According to article 470 of the OHADA Law of 2014, the board of directors, on the proposal of the chief executive officer, may appoint one or more individuals as deputy chief executive officers to assist the chief executive officer.
Any appointment of the deputy chief executive officer carried out in violation of this article shall be null.
The board of directors shall freely set the term of office of the deputy chief executive officer. When the latter is a director, his term of office may not exceed his term as director.
The mandate of the deputy chief executive officer is renewable.
The board of directors shall set, in agreement with the chief executive officer, the scope of powers conferred to the deputy chief executive officer.
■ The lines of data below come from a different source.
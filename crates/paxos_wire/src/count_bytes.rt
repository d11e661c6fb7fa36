//! How many bytes a text takes, counted before it is written.

ghost use Rattle.std.specs.Prelude.{◌≡◌, ◌+◌, ◌≤◌, length, ◌*◌};
ghost use Rattle.std.specs.List.{flat_map};
ghost use Rattle.paxos_wire.specs.Spelling.{command_text, entry_text, payload, frame};
ghost use Rattle.paxos_wire.specs.Fits.{IsSingle, most_bytes};
ghost use Rattle.paxos_wire.specs.declared.version.Version.TheVariants.{New};

use crate::entry::Entry;
use crate::limits::{LENGTH_BYTES, MOST_COMMAND, MOST_FRAME, MOST_SINGLE_FRAME, WINDOW};
use crate::message::Message;
use slot_log::Command;

/// How many bytes a command takes in a frame or a record: 15 to 31 for a deal, 12 for an act, 7
/// for a player who is away.
pub fn command_len(command: &Command) -> usize
    ensures value { result ≡ length (command_text command.now) }
    ensures most { result ≤ MOST_COMMAND }
{
    match command {
        Command::Deal { deal, .. } => {
            prove_eq!(deal.cards().len(), 2 * deal.players() + 5);
            6 + deal.cards().len()
        }
        Command::Act { .. } => 12,
        Command::Away { .. } => 7,
    }
}

/// How many bytes these entries take.
fn entries_len(entries: &[Entry]) -> usize
    requires { length entries.now ≤ WINDOW }
    ensures value { result ≡ length (flat_map entry_text entries.now) }
    ensures most { result ≤ 40 * length entries.now }
{
    let mut sum = 0;
    for entry in entries {
        sum += 9 + command_len(&entry.command);
    }
    sum
}

/// How many bytes these commands take.
fn commands_len(commands: &[Command]) -> usize
    requires { length commands.now ≤ WINDOW }
    ensures value { result ≡ length (flat_map command_text commands.now) }
    ensures most { result ≤ MOST_COMMAND * length commands.now }
{
    let mut sum = 0;
    for command in commands {
        sum += command_len(command);
    }
    sum
}

/// How many bytes stand in a message's frame behind the length.
pub(crate) fn payload_len(message: &Message) -> usize
    ensures value { result ≡ length (payload New message.now) }
    ensures most { LENGTH_BYTES + result ≤ MOST_FRAME }
    ensures single { IsSingle message.now → LENGTH_BYTES + result ≤ MOST_SINGLE_FRAME }
    ensures kind { LENGTH_BYTES + result ≤ most_bytes message.now }
{
    match message {
        Message::Prepare { .. } => 11,
        Message::Promise { entries, .. } => 12 + entries_len(entries.as_slice()),
        Message::Refuse { .. } => 16,
        Message::Accept { commands, .. } | Message::Accepted { commands, .. } => {
            12 + commands_len(commands.as_slice())
        }
        Message::Chosen { command, .. } => 6 + command_len(command),
        Message::Ask { .. } => 6,
        Message::Forward { command } => 2 + command_len(command),
    }
}

/// How many bytes a message's frame takes, its length's four among them: at most 2576 for a Promise, 31 for each command
/// and 16 more for an Accept or an Accepted, and 47 for every other message.
#[tactic(auto, unfolding(crate::specs::Spelling::frame_of))]
pub fn frame_len(message: &Message) -> usize
    ensures value { result ≡ length (frame message.now) }
    ensures most { result ≤ MOST_FRAME }
    ensures single { IsSingle message.now → result ≤ MOST_SINGLE_FRAME }
    ensures kind { result ≤ most_bytes message.now }
{
    LENGTH_BYTES + payload_len(message)
}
In his dealings with third parties, the deputy chief executive officer shall have the same powers as those of the chief executive officer. He shall bind the company by his actions, including those which do not within the company’s purpose under the terms and limits outlined in article 122 of the same law.
The provisions of the articles of association, decisions of the board of directors, or the general meetings limiting the powers of the deputy chief executive officer shall not be enforceable against bona fide third parties.
The deputy chief executive officer may be bound to the company by an employment agreement under the conditions outlined in article 426 of the law.
The terms and the amount of the remuneration of the deputy chief executive officer are determined by the board of directors.
If he is a director, the deputy chief executive officer shall not take part in the vote and his vote shall not be taken into account for the calculation of quorum and majority.
Any decision taken in violation of this article shall be null.
The board of directors may remove the deputy general manager at any time at the proposal of the chief executive officer. Any removal of the deputy general manager made in breach of this paragraph shall be null.
If the removal was decided without just cause, damages may be awarded.
The mandate of the deputy chief executive officer shall end at the expiration of his term in office.
However, in the event of the death or removal of the chief executive officer, the deputy chief executive officer shall remain in office, unless otherwise decided by the board of directors, until the appointment of a new chief executive officer.